The second thing I tried was to use GStreamer to record the video stream.

So to do this, I will create a UDP socket and send the video stream to a specific port.

// Server-side
import dgram from "dgram";
const udpSocket = dgram.createSocket('udp4');

trackVideo.onMessage((message) => {
  udpSocket.send(message, 5000, "127.0.0.1", (err) => {
    if (err) {
      console.error(err);
    }
  });
});

Then I will use GStreamer to receive the video stream and to record it to a file.

$ gst-launch-1.0 -e udpsrc address=127.0.0.1 port=5000 caps="application/x-rtp" ! queue ! rtph264depay ! h264parse ! mp4mux ! filesink location=./video.mp4

This time it worked nice. I was able to record the video stream to a file and then to play it back (Thanks Murat for the command 😅).

But here, as you’ve seen, all the job is done by the GStreamer pipeline. I just have to send the video RTP packets to the UDP socket.

Using Node native module

The last thing I tried was to use the Node native module to record the video stream.

So instead of launching GStreamer from the command line, I tried to use it from the Node.js application directly.

Remember, I never wrote C++ code nor a native module for Node.js.

But I tried to see how to do it.

For that, I needed:

A C++ file that implements the Node-API to create the native module and exports the function accessible from the JavaScript code. This part should load the GStreamer library and create the pipeline to record the video stream.
A binding.gyp file to compile the C++ file to a shared library.
A modification in my package.json to compile the library when doing a npm install.
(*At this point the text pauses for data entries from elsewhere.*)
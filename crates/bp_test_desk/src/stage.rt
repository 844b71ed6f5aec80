// A desk of two seats.
ghost use Rattle.std.specs.Prelude.{◌≡◌, ◌<◌, [], ◌∷◌, IfOk};
ghost use Rattle.bp_desk.specs.Seats.{IsSeatOf, SameSeat, all_fresh};
ghost use Rattle.bp_test_desk.specs.Pairs.{IsPair};

use bp_core::OutOfMemory;
use bp_desk::{Desk, Seat, Started};
use bp_keep::{Keeper, MemKeeper};
use std::alloc::{AllocError, Global};
use std::test::Fail;

/// A desk and its two seats.
#[derive(Drop)]
pub struct Pair {
    pub desk: Desk<MemKeeper>,
    pub one: Seat<MemKeeper>,
    pub two: Seat<MemKeeper>,
}

/// A desk with room for so many calls.
pub fn start_pair(alloc: Global, keeper: MemKeeper, room: u64) -> Result<Pair, Fail>
    requires { (0 < room) × (room < 1000) }
    ensures { IfOk result (λ pair. IsPair pair.desk pair.one pair.two) }
{
    match Desk::start(alloc, keeper, 2, room) {
        Ok(Started { desk, seats }) => {
            let (one, two) = two_of(&desk, seats);
            Ok(Pair { desk, one, two })
        }
        Err(_) => Err(Fail::from("the desk did not start")),
    }
}

fn two_of<K: Keeper>(desk: &Desk<K>, seats: Vec<Seat<K>>) -> (Seat<K>, Seat<K>)
    requires { (seats.items ≡ all_fresh desk.now) × (desk.now.seats ≡ 2) }
    ensures { IsPair desk.now result.0 result.1 }
{
    let _ = desk;
    let mut rest = seats;
    let last = rest.pop();
    let first = rest.pop();
    rest.destroy_empty();
    match (first, last) {
        (Some(one), Some(two)) => (one, two),
        _ => unreachable!(),
    }
}

/// The second seat takes a note of the first in.
pub fn pass_note(
    desk: &Desk<MemKeeper>,
    alloc: Global,
    from: &mut Seat<MemKeeper>,
    to: &mut Seat<MemKeeper>,
) -> Result<(), OutOfMemory>
    requires { IsSeatOf desk.now from.old × IsSeatOf desk.now to.old }
    ensures { SameSeat from.old from.new × SameSeat to.old to.new }
{
    let note = desk.note(alloc, from)?;
    desk.meet(to, note);
    Ok(())
}

/// Closes the desk. How many calls its history has, where it closes.
#[tactic(auto, using(crate::proofs::PairLemmas::pair_seats))]
pub fn close_pair(alloc: Global, pair: Pair) -> Option<usize>
    requires { IsPair pair.desk pair.one pair.two }
{
    let Pair { desk, one, two } = pair;
    let seats = row_of(alloc, one, two).ok()?;
    match desk.close(alloc, seats) {
        Ok(closed) => Some(closed.history.len()),
        Err(_) => None,
    }
}

// Both seats in a row.
fn row_of<K: Keeper>(alloc: Global, one: Seat<K>, two: Seat<K>) -> Result<Vec<Seat<K>>, AllocError>
    ensures { IfOk result (λ seats. seats.items ≡ one ∷ two ∷ []) }
{
    let mut seats = Vec::new(alloc);
    seats.push(one)?;
    seats.push(two)?;
    Ok(seats)
}
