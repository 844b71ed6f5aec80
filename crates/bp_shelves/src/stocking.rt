// What is done on the shelves.
ghost use Rattle.std.specs.Prelude.{◌≡◌, ◌≤◌, ◌<◌, ◌+◌, ◌*◌, IsTrue, OnOk, length};
ghost use Rattle.std.specs.List.{filter};
ghost use Rattle.std.specs.Option.{option_copied};
ghost use Rattle.bp_core.specs.Sorted.{ascends, find_key, is_between, put, without};
ghost use Rattle.bp_shelves.specs.Shelves.{are_shelved, room_of, rooms_on, rows_on};

use crate::shelved::Shelved;
use bp_core::{DocNo, OutOfMemory, find_row, put_row, remove_row};

/// Says that the rows of the shelves stand in ascending order of key.
pub fn know_ascending<T: Shelved>(shelves: &[Vec<T>])
    requires { IsTrue (are_shelved T.key_of T.span 0 shelves.now) }
    ensures { IsTrue (ascends T.key_of 0 (rows_on shelves.now)) }
{
    let _shelves = shelves;
}

/// The rows of a document.
pub fn shelf_of<T: Shelved>(shelves: &[Vec<T>], doc: DocNo) -> &[T]
    requires { IsTrue (are_shelved T.key_of T.span 0 shelves.now) }
    ensures { result.now ≡ filter (is_between T.key_of (doc.0 * T.span) (doc.0 * T.span + T.span))
        (rows_on shelves.now) }
{
    let place = doc.0 as usize;
    if place < shelves.len() {
        shelves[place].as_slice()
    } else {
        &[]
    }
}

/// The row of a document that has this key.
pub fn find_on<T: Shelved>(shelves: &[Vec<T>], doc: DocNo, key: u128) -> Option<&T>
    requires shelved { IsTrue (are_shelved T.key_of T.span 0 shelves.now) }
    requires low { doc.0 * T.span ≤ key }
    requires high { key < doc.0 * T.span + T.span }
    ensures { option_copied result ≡ find_key T.key_of key (rows_on shelves.now) }
{
    let place = doc.0 as usize;
    if place < shelves.len() {
        find_row(&shelves[place], key)
    } else {
        None
    }
}

/// Makes the shelf of a document, where there is none, and room for one more row on it.
pub fn make_shelf<T: Shelved + Drop>(
    shelves: &mut Vec<Vec<T>>,
    doc: DocNo,
) -> Result<(), OutOfMemory>
    requires { IsTrue (are_shelved T.key_of T.span 0 shelves.old.items) }
    ensures rows { rows_on shelves.new.items ≡ rows_on shelves.old.items }
    ensures shelved { IsTrue (are_shelved T.key_of T.span 0 shelves.new.items) }
    ensures room { OnOk result (1 ≤ room_of (rooms_on shelves.new.items) doc.0) }
{
    let place = doc.0 as usize;
    add_shelves(shelves, place + 1)?;
    shelves[place].reserve(1)?;
    Ok(())
}

// Adds empty shelves until there are so many.
fn add_shelves<T: Shelved + Drop>(
    shelves: &mut Vec<Vec<T>>,
    count: usize,
) -> Result<(), OutOfMemory>
    requires { IsTrue (are_shelved T.key_of T.span 0 shelves.old.items) }
    ensures rows { rows_on shelves.new.items ≡ rows_on shelves.old.items }
    ensures shelved { IsTrue (are_shelved T.key_of T.span 0 shelves.new.items) }
    ensures count { OnOk result (count ≤ length shelves.new.items) }
{
    let alloc = *shelves.allocator();
    while shelves.len() < count {
        shelves.push(Vec::new(alloc))?;
    }
    Ok(())
}

/// Puts a row on its shelf, where there is room.
pub fn put_on<T: Shelved + Drop>(shelves: &mut Vec<Vec<T>>, row: T)
    requires shelved { IsTrue (are_shelved T.key_of T.span 0 shelves.old.items) }
    requires room { 1 ≤ room_of (rooms_on shelves.old.items) (T.doc_of row) }
    ensures rows { rows_on shelves.new.items ≡ put T.key_of row (rows_on shelves.old.items) }
    ensures shelved { IsTrue (are_shelved T.key_of T.span 0 shelves.new.items) }
{
    let place = row.doc().0 as usize;
    let _ = put_row(&mut shelves[place], row);
}

/// Takes a row of a document away, if it is there.
pub fn remove_on<T: Shelved + Drop>(shelves: &mut Vec<Vec<T>>, doc: DocNo, key: u128)
    requires shelved { IsTrue (are_shelved T.key_of T.span 0 shelves.old.items) }
    requires low { doc.0 * T.span ≤ key }
    requires high { key < doc.0 * T.span + T.span }
    ensures rows { rows_on shelves.new.items ≡ without T.key_of key (rows_on shelves.old.items) }
    ensures shelved { IsTrue (are_shelved T.key_of T.span 0 shelves.new.items) }
{
    let place = doc.0 as usize;
    if place < shelves.len() {
        remove_row(&mut shelves[place], key);
    }
}
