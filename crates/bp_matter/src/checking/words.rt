// Whether rows are the words of the pages of a matter.
ghost use Rattle.std.specs.List.{list_all};
ghost use Rattle.std.specs.Option.{option_copied};
ghost use Rattle.std.specs.Prelude.{IsTrue, ◌≡◌};
ghost use Rattle.bp_core.specs.Sorted.{ascends};
ghost use Rattle.bp_matter.specs.Written.{words_written};
ghost use Rattle.bp_matter.specs.Matter.{page_key};
ghost use Rattle.bp_matter.specs.ValidWords.{WordFacts, word_fits, words_fit};

use super::pages::{are_paged, inside_page, page_in};
use crate::rows::{DocRow, PageRow, PageWords};
use crate::texts::is_word_text;
use bp_core::ascends;
use bp_text::Word;

fn word_fits(page: Option<&PageRow>, word: &Word) -> bool
    ensures { result ≡ word_fits (option_copied page.entry) word.now }
{
    inside_page(page, word.rect) && is_word_text(&word.text)
}

fn words_fit(pages: &[PageRow], row: &PageWords) -> bool
    requires { IsTrue (ascends page_key 0 pages.now) }
    ensures { result ≡ words_fit pages.now row.now }
{
    let page = page_in(pages, row.doc, row.page);
    row.words
        .as_slice()
        .iter()
        .all(|word| word_fits(page, word))
}

fn all_words_fit(pages: &[PageRow], rows: &[PageWords]) -> bool
    requires { IsTrue (ascends page_key 0 pages.now) }
    ensures { result ≡ list_all (words_fit pages.now) rows.now }
{
    rows.iter().all(|row| words_fit(pages, row))
}

pub(crate) fn words_valid(docs: &[DocRow], pages: &[PageRow], words: &[PageWords]) -> bool
    requires pages { IsTrue (ascends page_key 0 pages.now) }
    requires written { IsTrue (list_all words_written words.now) }
    ensures fact { IsTrue result → WordFacts docs.now pages.now words.now }
    ensures back { WordFacts docs.now pages.now words.now → IsTrue result }
{
    if !ascends(words) {
        return false;
    }
    if !are_paged(docs, words) {
        return false;
    }
    all_words_fit(pages, words)
}
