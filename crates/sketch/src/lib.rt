// A drawing that is given row by row: each row is put into its table, and counts may be told outright. The drawing need not be lawful.
#![tactic(auto)]

pub mod filled;
pub mod tables;

ghost use Rattle.std.specs.Prelude.{◌≡◌, drop};
ghost use Rattle.label.specs.Labels.{padded};
ghost use Rattle.check_script.specs.Saying.{said_as};
ghost use Rattle.sketch.specs.Sketches.{empty_sketch, added_as, added_of};

use check_script::Said;
use filled::Filled;
use label::label_of;
use sheet::{Component, Drawing, Joint, Wire};
use table::Table;
use tables::with_row;

// The drawing so far, and how far its tables are filled.
#[derive(Clone, Copy)]
pub struct Sketch {
    pub drawing: Drawing,
    pub wires: Filled,
    pub components: Filled,
    pub joints: Filled,
}

// The drawing without rows.
fn blank_drawing() -> Drawing
    ensures { result ≡ empty_sketch.drawing }
{
    let wire = Wire {
        vertical: false,
        line: 0,
        start: 0,
        end: 0,
    };
    let component = Component {
        kind: 0,
        orientation: 0,
        x: 0,
        y: 0,
        label: [0u8; 16],
    };
    let joint = Joint {
        x: 0,
        y: 0,
        count: 0,
    };
    Drawing {
        wires: Table {
            rows: [wire; 512],
            count: 0,
        },
        components: Table {
            rows: [component; 128],
            count: 0,
        },
        joints: Table {
            rows: [joint; 1408],
            count: 0,
        },
    }
}

// No rows.
pub fn empty() -> Sketch
    ensures { result ≡ empty_sketch }
{
    let none = Filled {
        counted: 0,
        used: 0,
        told: false,
    };
    let drawing = blank_drawing();
    Sketch {
        drawing,
        wires: none,
        components: none,
        joints: none,
    }
}

// A label as rows hold it: the line from the index `at` on, with zeros behind.
fn label_from(line: &[u8], at: usize) -> [u8; 16]
    ensures { result ≡ padded 16 (drop at line.now) }
{
    if at <= line.len() {
        let l = label_of(&line[at..]);
        return l.bytes;
    }
    [0u8; 16]
}

// What a line says, added to the sketch, if a row can hold it.
#[tactic(auto, unfolding(crate::specs::Sketches::added_of))]
pub fn add(s: Sketch, line: &[u8], said: Option<Said>) -> Option<Sketch>
    ensures { added_as s result ≡ added_of s line.now (said_as said) }
{
    let mut next = s;
    match said? {
        Said::Wire { behind, wire } => {
            (next.drawing.wires, next.wires) = with_row(s.drawing.wires, s.wires, behind, wire)?;
        }
        Said::Component {
            behind,
            kind,
            orientation,
            x,
            y,
            label,
        } => {
            let row = Component {
                kind,
                orientation,
                x,
                y,
                label: label_from(line, label),
            };
            (next.drawing.components, next.components) = with_row(
                s.drawing.components,
                s.components,
                behind,
                row,
            )?;
        }
        Said::Joint { behind, joint } => {
            (next.drawing.joints, next.joints) = with_row(
                s.drawing.joints,
                s.joints,
                behind,
                joint,
            )?;
        }
        Said::WireCount(n) => {
            next.drawing.wires.count = n;
            next.wires.told = true;
        }
        Said::ComponentCount(n) => {
            next.drawing.components.count = n;
            next.components.told = true;
        }
        Said::JointCount(n) => {
            next.drawing.joints.count = n;
            next.joints.told = true;
        }
        Said::End => return None,
    }
    Some(next)
}
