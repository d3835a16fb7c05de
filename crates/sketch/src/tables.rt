// A row put into a table.
ghost use Rattle.std.specs.Prelude.{◌≡◌};
ghost use Rattle.sketch.specs.Tables.{inserted};
ghost use Rattle.sketch.specs.Sketches.{row_added};

use crate::filled::Filled;
use table::Table;

// The rows from the row's place on move one further, and the last one falls out.
fn put<T: Copy, const N: usize>(t: Table<T, N>, at: usize, row: T, count: usize) -> Table<T, N>
    ensures { (result.rows ≡ inserted at row t.rows) × (result.count ≡ count) }
{
    let mut rows = t.rows;
    let mut carried = row;
    for k in at..N {
        let next = rows[k];
        rows[k] = carried;
        carried = next;
    }
    Table { rows, count }
}

// The table with one row more, if it has one left, and how far it is filled then.
pub fn with_row<T: Copy, const N: usize>(
    t: Table<T, N>,
    f: Filled,
    behind: bool,
    row: T,
) -> Option<(Table<T, N>, Filled)>
    ensures { result ≡ row_added t f behind row }
{
    if !f.has_room(N) {
        return None;
    }
    let more = f.more(behind);
    let table = put(t, f.row_for(behind), row, more.count_after(t.count));
    Some((table, more))
}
I succeeded to write a module that launches a GStreamer pipeline but not the one I expected…

In fact, I faced two problems:

First, the GStreamer pipeline was running on the main thread so it blocks the Node.js event loop.
Second, I need to store a handler to be able to stop the pipeline when needed.

I found this great documentation around Node-API and that proposes solutions to my problems.

But I will have to spend more time to understand how to do it but it shows me how to write native modules.

Conclusion

It’s not easy to understand how to process video streams and bytes. It requires a good knowledge of media and codecs.

As WebRTC offers more and more possibilities for developers to manipulate media, it can be good to understand this part better. I hope to see new libraries and tools for the Node.js ecosystem.

Even if you’re not working on creating a new codec or optimizing video, you may still need to manipulate the video stream, for example, to capture the video from an IP camera and to display it in your WebRTC application.

On this journey, I discovered many things that I may need to understand better in the future.

The last thing concerns libdatachannel and node-datachannel: I found that the library is very powerful and offers a lot of possibilities from Node.js.

I hope they will continue to grow and be more and more used in the future.